What do you feel you can communicate positively to companies in the sector that are facing a global economic crisis?
I think they have to be realistic. The market has changed. There are external factors that are now of great importance and no longer represent an extraordinary event but the norm. It’s not enough to have a good product, they have to understand the new markets and understand if there are structural changes. Small and medium-sized enterprises must grow in size, or they must consolidate, because all the know-how that exists in the area must not be lost. At Simonetta we protect our suppliers by making them part of a single network, without leaving behind the smaller ones who, on their own, could no longer make it.
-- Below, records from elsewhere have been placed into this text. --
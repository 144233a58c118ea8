//! The groups of labels that are fed.
ghost use Rattle.label_set.specs.LabelEquality.{labels_eq};
ghost use Rattle.op_rank.specs.Groups.{IsGrouped, left_by};
ghost use Rattle.promql_meaning.specs.Ranks.{kept_labels};
ghost use Rattle.std.specs.List.{All, IsDistinct};
ghost use Rattle.std.specs.Prelude.{◌≡◌, ◌<◌, [], length, map, IfOk, OnOk};
ghost use Rattle.step_put.specs.Puts.{AreAt};

use label_set::{Grouping, Labels};
use std::alloc::{AllocError, Global};
use std::marker::Model;
use step_batch::{Batch, StepBuffer};
use step_put::{Left, Placing};

/// What a grouping keeps of labels that are fed, made once for each labels and kept over feeds. `kept` is a set, in which
/// steps are never begun.
#[derive(Drop)]
pub(crate) struct Groups {
    placing: Placing,
    kept: StepBuffer,
}

impl Model for Groups {
    ghost use Rattle.op_rank.specs.Groups.{Grouped};
    ghost use Rattle.step_put.specs.Placed.{IsPlaced};

    ghost Value = { Grouped };

    ghost view = { λ g. record { left = g.placing.left; groups = g.kept.labels; fed = g.placing.fed; places = g.placing.places } };

    ghost invariant = { λ g. IsPlaced g.kept g.placing };
}

impl Groups {
    pub(crate) fn new(alloc: Global, by: &Grouping) -> Result<Groups, AllocError>
        ensures { IfOk result (λ g. g ≡ record { left = left_by by.now; groups = []; fed = []; places = [] }) }
    {
        let left = Left::Signature {
            on: !by.without,
            names: by.names.copy()?,
        };
        Ok(Groups {
            placing: Placing::new(alloc, left),
            kept: StepBuffer::new(alloc),
        })
    }

    /// Takes the labels that are fed. The only error is want of memory; then the next ones may be taken all the same.
    pub(crate) fn renew(&mut self, labels: &[Labels]) -> Result<(), AllocError>
        ensures left { self.new.left ≡ self.old.left }
        ensures fed { OnOk result (self.new.fed ≡ labels.now) }
    {
        self.placing.renew(&mut self.kept, labels)?;
        Ok(())
    }

    /// Beside each of the labels that are fed the place of its group. It takes no memory.
    pub(crate) fn places(&self) -> &[usize]
        ensures places { result.now ≡ self.now.places }
        ensures count { length result.now ≡ length self.now.fed }
        ensures within { All (λ place. place < length self.now.groups) result.now }
        ensures distinct { IsDistinct labels_eq self.now.groups }
        ensures there { (by : _) → self.now.left ≡ left_by by → AreAt self.now.groups (map (kept_labels by) self.now.fed) result.now }
        ensures grouped { (by : _) → self.now.left ≡ left_by by → IsGrouped by self.now.fed result.now }
    {
        let _ = self.kept.lend().labels();
        self.placing.places()
    }

    /// How many groups there are. It takes no memory.
    pub(crate) fn count(&self) -> usize
        ensures { result ≡ length self.now.groups }
    {
        self.kept.lend().labels().len()
    }

    /// Lends the labels of groups. It takes no memory.
    pub(crate) fn lend(&self) -> Batch<'_>
        ensures { result.labels ≡ self.now.groups }
    {
        self.kept.lend()
    }
}
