//! topk, bottomk, quantile and count_values over steps that are lent.
ghost use Rattle.op_rank.specs.Rules.{IsScalar, all_ranked, is_ranking as ranks};
ghost use Rattle.std.specs.Prelude.{◌≡◌, [], length, IfOk, IsTrue, OnOk};
ghost use Rattle.step_batch.specs.Lent.{stages};

use crate::first_rows::FirstRows;
use crate::quantiles::Quantiles;
use crate::value_counts::ValueCounts;
use func_table::Aggregate;
use label_set::{Grouping, Text};
use std::alloc::{AllocError, Global};
use std::marker::Model;
use step_batch::Batch;

/// A kernel of `topk`, `bottomk`, `quantile` or `count_values`. `first`, `quantiles` or `counts` is fed, as `f` asks.
#[derive(Drop)]
pub struct Ranked {
    f: Aggregate,
    by: Grouping,
    label: Text,
    first: FirstRows,
    quantiles: Quantiles,
    counts: ValueCounts,
}

impl Model for Ranked {
    ghost use Rattle.op_rank.specs.Groups.{left_by};
    ghost use Rattle.op_rank.specs.Rules.{Ranks, is_ranking, lent_of};
    ghost use Rattle.std.specs.Prelude.{◌≡◌, IsTrue};

    ghost Value = { Ranks };

    ghost view = { λ k. record { rule = record { f = k.f; by = k.by; label = k.label }; lent = lent_of k.f k.first.lent k.quantiles.lent k.counts.lent } };

    ghost invariant = { λ k. IsTrue (is_ranking k.f) × ((k.first.left ≡ left_by k.by) × (k.quantiles.left ≡ left_by k.by) × (k.counts.left ≡ left_by k.by)) };
}

impl Ranked {
    /// A kernel that was fed nothing, of an aggregation by a grouping. `label` is the one that `count_values` sets, and isn't
    /// read for another aggregation. The only error is want of memory.
    pub fn new(alloc: Global, f: Aggregate, by: Grouping, label: Text) -> Result<Ranked, AllocError>
        requires { IsTrue (ranks f) }
        ensures rule { IfOk result (λ k. k.rule ≡ record { f = f; by = by; label = label }) }
        ensures lent { IfOk result (λ k. stages k.lent ≡ []) }
    {
        let first = FirstRows::new(alloc, &by)?;
        let quantiles = Quantiles::new(alloc, &by)?;
        let counts = ValueCounts::new(alloc, &by)?;
        Ok(Ranked {
            f,
            by,
            label,
            first,
            quantiles,
            counts,
        })
    }

    /// Takes steps, and beside each its parameter, in the place of what was fed before. `count_values` doesn't read the
    /// parameter. The only error is want of memory; then a next feed may follow all the same.
    pub fn feed(&mut self, rows: &Batch<'_>, arg: &Batch<'_>) -> Result<(), AllocError>
        requires args { length arg.now.steps ≡ length rows.now.steps }
        requires scalar { IsScalar arg.now }
        ensures rule { self.new.rule ≡ self.old.rule }
        ensures lent { OnOk result (stages self.new.lent ≡ all_ranked self.old.rule (stages arg.now) (stages rows.now)) }
    {
        match self.f {
            Aggregate::Quantile => self.quantiles.feed(rows, arg)?,
            Aggregate::CountValues => self.counts.feed(&self.by, self.label.as_str(), rows)?,
            Aggregate::TopK => self.first.feed(true, rows, arg)?,
            _ => self.first.feed(false, rows, arg)?,
        }
        Ok(())
    }

    /// Lends the steps that were made of what was fed last. It takes no memory.
    pub fn lend(&self) -> Batch<'_>
        ensures { result ≡ self.now.lent }
    {
        match self.f {
            Aggregate::Quantile => self.quantiles.lend(),
            Aggregate::CountValues => self.counts.lend(),
            _ => self.first.lend(),
        }
    }
}

/// Whether a kernel can be made of an aggregation, as `new` asks.
pub fn is_ranking(f: Aggregate) -> bool
    ensures { result ≡ ranks f }
{
    matches!(
        f,
        Aggregate::TopK | Aggregate::BottomK | Aggregate::Quantile | Aggregate::CountValues
    )
}
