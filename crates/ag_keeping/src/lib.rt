//! What a replica keeps on its disk, as one record, and what each of its writes makes of it.
#![tactic(auto)]

pub mod laws;
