//! Plays steps of frames from standard input, a step a line, and prints what each gave.
#![tactic(auto)]

mod steps;

use crate::steps::Held;
use ag_frame::Frames;
use std::io;

fn main(rt: HostRuntime) -> io::Result<()> {
    let alloc = rt.alloc();
    let mut held = Held::new();
    for line in rt.lines(alloc) {
        let line = line?;
        if line.starts_with("#") {
            println!(rt; "{line}")?;
        } else {
            let text = steps::play(alloc, &mut held, &line)?;
            println!(rt; "{line}: {text}")?;
        }
    }
    Ok(())
}
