//! Steps of frames, whose pages are numbers.
use ag_frame::Frames;
use std::alloc::{AllocError, Global};

/// The frames of the steps so far, once they were made.
#[derive(Drop)]
pub struct Held {
    frames: Option<Frames<u64>>,
}

impl Held {
    /// No frames yet.
    pub fn new() -> Held {
        Held { frames: None }
    }
}

/// The word of this number, and nothing where there is none.
fn word(line: &str, number: usize) -> &str {
    match line.split_whitespace().nth(number) {
        Some(word) => word,
        None => "",
    }
}

/// The word as a page's number, and 0 where it is none.
fn page_number(line: &str) -> u16 {
    match word(line, 1).parse::<u16>() {
        Ok(page) => page,
        Err(_) => 0,
    }
}

/// The word as a page, and 0 where it is none.
fn page(line: &str) -> u64 {
    match word(line, 2).parse::<u64>() {
        Ok(page) => page,
        Err(_) => 0,
    }
}

/// Makes frames, at least one.
fn make(alloc: Global, held: &mut Held, line: &str) -> bool {
    let count = (page_number(line) % 256) as u8;
    if count == 0 {
        return false;
    }
    match Frames::with_frames(alloc, count) {
        Ok(frames) => {
            held.frames = Some(frames);
            true
        }
        Err(_) => false,
    }
}

/// Puts a page in, unless a frame holds it.
fn admit(frames: &mut Frames<u64>, number: u16, page: u64) -> Option<Option<(u16, u64)>> {
    if frames.holds(number) {
        return None;
    }
    Some(frames.admit(number, page))
}

/// Writes over a page, and gives what stood there.
fn write(frames: &mut Frames<u64>, number: u16, page: u64) -> Option<u64> {
    let place = frames.look(number)?;
    let before = *place;
    *place = page;
    Some(before)
}

/// The page, if a frame holds it.
fn read(frames: &mut Frames<u64>, number: u16) -> Option<u64> {
    let place = frames.look(number)?;
    Some(*place)
}

/// Plays a step on frames that were made.
fn on_frames(alloc: Global, frames: &mut Frames<u64>, line: &str) -> Result<String, AllocError> {
    let number = page_number(line);
    match word(line, 0) {
        "holds" => format!(in alloc; "{}", frames.holds(number)),
        "look" => format!(in alloc; "{:?}", read(frames, number)),
        "write" => format!(in alloc; "{:?}", write(frames, number, page(line))),
        "admit" => format!(in alloc; "{:?}", admit(frames, number, page(line))),
        "discard" => format!(in alloc; "{:?}", frames.discard(number)),
        _ => format!(in alloc; "no such step"),
    }
}

/// Plays a step.
pub fn play(alloc: Global, held: &mut Held, line: &str) -> Result<String, AllocError> {
    if word(line, 0) == "make" {
        let made = make(alloc, held, line);
        return format!(in alloc; "{made}");
    }
    match &mut held.frames {
        Some(frames) => on_frames(alloc, frames, line),
        None => format!(in alloc; "no frames"),
    }
}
Has there been a brand acquisition that has particularly gratified you?
Perhaps the one I am most proud of is Stella McCartney, because it was a brand that was produced “in house” and sold very well, but the company, for the reasons I mentioned earlier, preferred to rely on a specialist. The results of the first two seasons are excellent, which means that our strategy is working.
Tell us the cornerstones of your management philosophy!
1. Ethics, sustainability and diversity. Ours is a company made by women for women, who represent 85% of the entire workforce, including two of my four directors.
2. Meritocracy. Sprinkled productivity bonuses are useless. There are those who deserve to have salary increases every six months and those who must have the one established by the national contract.
3. Speed of decision-making. It is better to take ten decisions, two of which are wrong, than to take only two, because a decision not taken is already a wrong decision.
4. Do something different, don’t always apply the same patterns. For our safety manager, for example, opening the pool and doing aqua gym classes, as I proposed, is complex. I will work in that direction anyways because want a fun and bubbling environment, not a grey and boring corporate reality. Monday mornings should not be a sacrifice to go back to work, but an opportunity to catch up with colleagues and talk about the weekend, perhaps in front of the fireplace. Then we will have to work hard, but in a nice environment. It’s a bit like when I was in high school and every Monday I met up with my classmates: we talked about philosophy, history, Greek. I was happy, and I would love to bring that spirit back here.